Giovanni De Gregorio (University of Milano Bicocca)
On 31 January 2020, Brexit occurred. The United Kingdom left the European Union and a new transition period began until the end of 2020. During this period EU rules will remain in force while the relationship been the UK and EU will be subject to negotiation. This rule also applies to data protection law. At the end of the transition period, the GDPR will be no longer applicable in the UK. National laws implementing EU Directives in the field of privacy and data protection will, however, remain in force until they are amended or repealed at the domestic level.
Since data are a crucial asset of the digital economy, the field of data protection is of particular concern for several reasons. The impossibility to rely on a clear framework in the field of data could slow down the development of new products and services and increase the degree of uncertainty in the business sector. It is not by chance whether Google reacted to this situation by moving out all its data about British users of its services, including Gmail, YouTube, and the Android Play store, from Ireland to the US, as it seeks to avoid legal risks after Brexit. Beyond corporates’ interests, the lack of legal certainty and the threat to opt-out from one of the most protective system of data protection in the world could also affect the effective protection of individuals’ fundamental rights like privacy and data protection.
The challenges are therefore multifaceted. Among them, the transfer of personal data is one of the most evidently affected areas by Brexit. It is no mystery that the UK hosts one of the most active technological and financial sectors whose innovation and services are important contributions to the European economy. The free flow of personal data is a sensitive field to ensure that both sides can benefit from the opportunities for data sharing. In October 2019, because of the importance of data flow and exchange, the UK and the Union committed to ensuring a high level of personal data protection. In the meantime, the rules established by the GDPR for the transfer of personal data outside the Union borders will apply during the transition period so that data controllers should not rely on other legal bases in the lack of an adequacy decision. Besides, the transition period also allows UK data controllers to transfer data outside the Union based on adequacy decisions and to avoid the appointment of EU-based representatives according to Article 27 GDPR.

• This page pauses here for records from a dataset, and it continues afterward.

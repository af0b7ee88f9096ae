//! The names that imports get, one after another.

ghost use Rattle.std.specs.Prelude.{◌≡◌, ◌≢◌, ◌^◌, ◌<◌, ◌≤◌, false, List, length, Some, IfOk, slice_get, string_bytes};
ghost use Rattle.std.specs.List.{Contains};
ghost use Rattle.std.specs.Option.{option_map};
ghost use Rattle.wc_dedupe.specs.Private.Numbers.{AreNumbers, Gives, GivesNumber, LacksNumbered, Takes};
ghost use Rattle.wc_dedupe.specs.Private.NamePositions.{names_of, Ascend};
ghost use Rattle.wc_dedupe.specs.Renaming.{ImportName, name_with_number};

use std::alloc::{AllocError, Global};

/// The room for a number of up to six digits after a name.
const NUMBER_ROOM: usize = " [v999999]".len();

/// The least number after a name.
const FIRST_NUMBER: u64 = 2;

/// All original names in ascending order, without repeats.
#[derive(Clone, Copy)]
pub(crate) struct Known<'n, 'a> {
    pub(crate) names: &'n [(&'a str, &'a str)],
    /// Whether some end as a name with a number does. If none does, no name with a number is one of them.
    pub(crate) some_numbered: bool,
}

impl<'n, 'a> Known<'n, 'a> {
    /// Known names, with whether some end as a name with a number does.
    pub(crate) fn new(names: &'n [(&'a str, &'a str)]) -> Known<'n, 'a>
        ensures names { result.names.now ≡ names.now }
        ensures lacks { result.some_numbered ≡ false → LacksNumbered (names_of names.now) }
    {
        Known {
            names,
            some_numbered: are_some_numbered(names),
        }
    }
}

/// Whether some names end as a name with a number does.
fn are_some_numbered(names: &[(&str, &str)]) -> bool
    ensures { result ≡ false → LacksNumbered (names_of names.now) }
{
    for name in names {
        if name.1.ends_with("]") {
            return true;
        }
    }
    false
}

/// Gives the next import a name. `position` is the index of its original name among the known names. `numbers` has 0
/// for each known name while no import has it. Otherwise it has a number from 2 on: for each smaller number from 2
/// on, an import already has the name with that number after it. `given` imports have names. The result is the new
/// name, or `None` if the import keeps the original one. After an error, `numbers` may have any content.
pub(crate) fn give(
    alloc: Global,
    known: Known<'_, '_>,
    numbers: &mut [u64],
    position: usize,
    given: usize,
) -> Result<Option<String>, AllocError>
    requires ascend { Ascend known.names.now }
    requires lacks { known.some_numbered ≡ false → LacksNumbered (names_of known.names.now) }
    requires position { position < length known.names.now }
    requires given { (ns : List ImportName) × (length ns ≡ given)
        × AreNumbers (names_of known.names.now) ns numbers.old }
    requires few { given < 2 ^ 63 }
    ensures { IfOk result (λ name. Gives (names_of known.entry.names.now) numbers.old
        numbers.new position (option_map string_bytes name)) }
{
    if numbers[position] == 0 {
        numbers[position] = FIRST_NUMBER;
        return Ok(None);
    }
    let name = give_number(alloc, known, numbers, position, given)?;
    Ok(Some(name))
}

/// Gives the next import the name at `position` with the least number with which no import has it.
fn give_number(
    alloc: Global,
    known: Known<'_, '_>,
    numbers: &mut [u64],
    position: usize,
    given: usize,
) -> Result<String, AllocError>
    requires ascend { Ascend known.names.now }
    requires lacks { known.some_numbered ≡ false → LacksNumbered (names_of known.names.now) }
    requires position { position < length known.names.now }
    requires given { (ns : List ImportName) × (length ns ≡ given)
        × AreNumbers (names_of known.names.now) ns numbers.old }
    requires few { given < 2 ^ 63 }
    requires taken { slice_get numbers.old position ≢ Some 0 }
    ensures { IfOk result (λ name. GivesNumber (names_of known.entry.names.now) numbers.old
        numbers.new position (string_bytes name)) }
{
    let original = known.names[position];
    let limit = given as u64 + 3;
    for number in numbers[position]..limit {
        let name = name_with_number(alloc, original.1, number)?;
        if take_numbered(known, numbers, original.0, name.as_str()) {
            numbers[position] = number + 1;
            return Ok(name);
        }
    }
    unreachable!()
}

/// Whether no import has this name with a number yet, as `take` tells: it is looked for only if some original names end
/// as one with a number does.
fn take_numbered(known: Known<'_, '_>, numbers: &mut [u64], module: &str, name: &str) -> bool
    requires ascend { Ascend known.names.now }
    requires lacks { known.some_numbered ≡ false → ¬ Contains (names_of known.names.now)
        (record { module_name = «module».now; name = name.now }) }
    requires numbers { length known.names.now ≤ length numbers.old }
    ensures { Takes (names_of known.entry.names.now) numbers.old numbers.new
        (record { module_name = «module».now; name = name.now }) result }
{
    if known.some_numbered {
        take(known.names, numbers, module, name)
    } else {
        true
    }
}

/// Whether no import has this name with a number yet. If it is an original name, too, it is an import's from now on.
fn take(names: &[(&str, &str)], numbers: &mut [u64], module: &str, name: &str) -> bool
    requires ascend { Ascend names.now }
    requires numbers { length names.now ≤ length numbers.old }
    ensures { Takes (names_of names.now) numbers.old numbers.new
        (record { module_name = «module».now; name = name.now }) result }
{
    let Ok(position) = names.binary_search(&(module, name)) else {
        return true;
    };
    if numbers[position] != 0 {
        return false;
    }
    numbers[position] = FIRST_NUMBER;
    true
}

/// `original` with a number after it.
fn name_with_number(alloc: Global, original: &str, number: u64) -> Result<String, AllocError>
    ensures { IfOk result (λ t. string_bytes t ≡ name_with_number original.now number) }
{
    let mut name = String::with_capacity(alloc, original.len() + NUMBER_ROOM)?;
    write!(name, "{original} [v{number}]")?;
    Ok(name)
}
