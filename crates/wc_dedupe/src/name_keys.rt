//! The names of imports without repeats, in ascending order, by a sort of numbers before that of texts.
//!
//! Most repeats are removed before any texts are sorted: numbers made from the names are sorted, and only the first
//! of consecutive equal names is kept. Different names may have one number, so some repeats may remain for the sort
//! of texts. No choice of names makes more than n log n comparisons of texts.

ghost use Rattle.std.specs.Prelude.{◌≡◌, ◌<◌, true, IfOk, All, get_or, length, map};
ghost use Rattle.wc_dedupe.specs.Private.NameKeys.{AreKeys, Rise, name_key, number_from, tail_number};
ghost use Rattle.wc_dedupe.specs.Private.NamePositions.{names_of, Ascend, HavePositions};

use crate::name_positions::{NamePositions, name_in, name_positions, push_new};
use std::alloc::{AllocError, Global};

/// The factor for the number of a module: odd, with bits set all over.
const FACTOR: u64 = 0x9e37_79b9_7f4a_7c15;

/// How many bytes of a text count for its number.
const TAIL: usize = 8;

/// The names of a list without repeats, in ascending order, and the position of each. Names are compared by their
/// modules first. `keys`: the keys of the names, in ascending order.
pub(crate) fn known_names<'a>(
    alloc: Global,
    names: &[(&'a str, &'a str)],
    keys: &[(u64, usize)],
) -> Result<NamePositions<'a>, AllocError>
    requires { AreKeys (names_of names.now) (length names.now) keys.now }
    ensures { IfOk result (λ p. Ascend p.names.items
        × HavePositions (names_of names.now) (names_of p.names.items) p.positions.items) }
{
    let few = placed(alloc, names, keys)?;
    let NamePositions {
        names: known,
        positions: further,
    } = name_positions(alloc, &few.names)?;
    let positions = positions_through(alloc, &few.positions, &further)?;
    Ok(NamePositions {
        names: known,
        positions,
    })
}

/// The keys of the names, in ascending order.
pub(crate) fn sorted_keys(
    alloc: Global,
    names: &[(&str, &str)],
) -> Result<Vec<(u64, usize)>, AllocError>
    ensures { IfOk result (λ v. AreKeys (names_of names.now) (length names.now) v.items) }
{
    let mut keys = keys_of(alloc, names)?;
    keys.sort()?;
    Ok(keys)
}

/// Whether each number is below the next. Then no two names are equal.
pub(crate) fn are_different(keys: &[(u64, usize)]) -> bool
    ensures { result ≡ true → Rise keys.now }
{
    for index in 1..keys.len() {
        if number_at(keys, index) <= number_at(keys, index - 1) {
            return false;
        }
    }
    true
}

/// The number of a key.
fn number_at(keys: &[(u64, usize)], index: usize) -> u64
    requires { index < length keys.now }
    ensures { result ≡ (get_or keys.now index (0, 0)).0 }
{
    keys[index].0
}

/// The keys of the names: of each its number and its index.
fn keys_of(alloc: Global, names: &[(&str, &str)]) -> Result<Vec<(u64, usize)>, AllocError>
    ensures { IfOk result (λ v. AreKeys (names_of names.now) (length names.now) v.items) }
{
    let mut keys = Vec::with_capacity(alloc, names.len())?;
    for (index, name) in names.iter().enumerate() {
        keys.push((name_key(name.0, name.1), index))?;
    }
    Ok(keys)
}

/// The number of a name: equal names have equal ones, and most names others.
pub(crate) fn name_key(module: &str, name: &str) -> u64
    ensures { result ≡ name_key (record { module_name = «module».now; name = name.now }) }
{
    let of_module = tail_number(module.as_bytes()).wrapping_mul(FACTOR);
    tail_number(name.as_bytes()).wrapping_add(of_module)
}

/// The last eight bytes of a text, or all of a shorter one, as a number.
fn tail_number(text: &[u8]) -> u64
    ensures { result ≡ tail_number text.now }
{
    number_of(&text[text.len().saturating_sub(TAIL)..])
}

/// The number whose last eight bytes, from the highest, are these.
fn number_of(bytes: &[u8]) -> u64
    ensures { result ≡ number_from 0 bytes.now }
{
    let mut number = 0u64;
    for byte in bytes {
        number = number.wrapping_mul(256).wrapping_add(*byte as u64);
    }
    number
}

/// The names without those that follow an equal name in the order of their keys, and the position of each.
fn placed<'a>(
    alloc: Global,
    names: &[(&'a str, &'a str)],
    keys: &[(u64, usize)],
) -> Result<NamePositions<'a>, AllocError>
    requires { AreKeys (names_of names.now) (length names.now) keys.now }
    ensures { IfOk result (λ p.
        HavePositions (names_of names.now) (names_of p.names.items) p.positions.items) }
{
    let mut few = Vec::new(alloc);
    let mut positions = vec![in alloc; 0; names.len()]?;
    for key in keys {
        push_new(&mut few, name_in(names, key.1))?;
        positions[key.1] = few.len() - 1;
    }
    Ok(NamePositions {
        names: few,
        positions,
    })
}

/// The entries of a list at these positions.
fn positions_through(
    alloc: Global,
    positions: &[usize],
    further: &[usize],
) -> Result<Vec<usize>, AllocError>
    requires { All (λ p. p < length further.now) positions.now }
    ensures { IfOk result (λ v. v.items ≡ map (λ p. get_or further.now p 0) positions.now) }
{
    let mut found = Vec::with_capacity(alloc, positions.len())?;
    for position in positions {
        found.push(further[*position])?;
    }
    Ok(found)
}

Within this framework, the recent policy paper describing the UK’s approach to negotiations can provide further insights into the future of data in the aftermath of the transition period. While the UK has stressed its intention to rely on an independent policy on data protection at the end of the transition period, it committed to high data protection standards and to maintain a cooperative approach. The document underlines that the UK Information Commissioner’s Office will try to cooperate with EU Member State data protection authorities to facilitate the dialogue on data protection issues in the future.
Nevertheless, the document mainly focuses on the Comprehensive Free Trade Agreement (CFTA). The field of data is indeed addressed from a predominant economic dimension. The UK approach stresses the role of data sharing in different sectors like commercial trade, sanitary measures, fisheries, aviation, and migration. Even in the digital field, the aim is to stimulate e-commerce through actions that facilitate the cross-border flow of data. This economic focus should not surprise since it is mainly the result of the political goal of the UK to conduct negotiations on ‘friendly cooperation between sovereign equals, with both parties respecting one another’s legal autonomy and right to manage their own resources as they see fit’.
The focus moves to a more concerned approach to fundamental rights and the rule of law in the field of law enforcement. Despite the main focus on data sharing like criminal records, the document also underlines how police and judicial cooperation will be underpinned by the protection of human rights, the rule of law and high standards of data protection. It is worth mentioning that this approach would not change the general UK’s approach. Indeed, the agreement will only concern this objective but will not deal with how the UK should protect and enforce human rights and the rule of law.
Furthermore, outside the framework of the trade agreement, the document addresses the concerns relating to the transfer of personal data. The document clarifies the intention of the UK to obtain an ‘adequacy decisions’ from the EU under both the General Data Protection Regulation and the Law Enforcement Directive before the end of the transition period.
Brexit is another example of the high political and economic value of data in the information society. Negotiations would focus mainly on data sharing to ensure the free flow of personal data. Nevertheless, if the UK would intend to achieve an adequacy decision and maintain friendly cooperation with the EU competent authorities, it will not be able to disregard the highest level of protection of privacy and data protection as enshrined in the Charter of Fundamental Rights and interpreted by the European Court of Justice during these years.
The views expressed in this article reflect the position of the author and not necessarily the one of the Brexit Institute Blog
Giovanni De Gregorio is a Ph.D. Candidate in Public Law at the University of Milano-Bicocca
 Madhumita Murgia, ‘Google moves UK user data to US to avert Brexit risks’ Financial Times (20 February 2020).
 Political Declaration setting out the framework for the future relationship between the European Union and the United Kingdom as agreed at negotiators’ level on 17 October 2019, to replace the one published in OJ C 66I of 19.2.2019.
 The Future Relationship with the EU. The UK’s Approach to Negotiations (27 February 2020).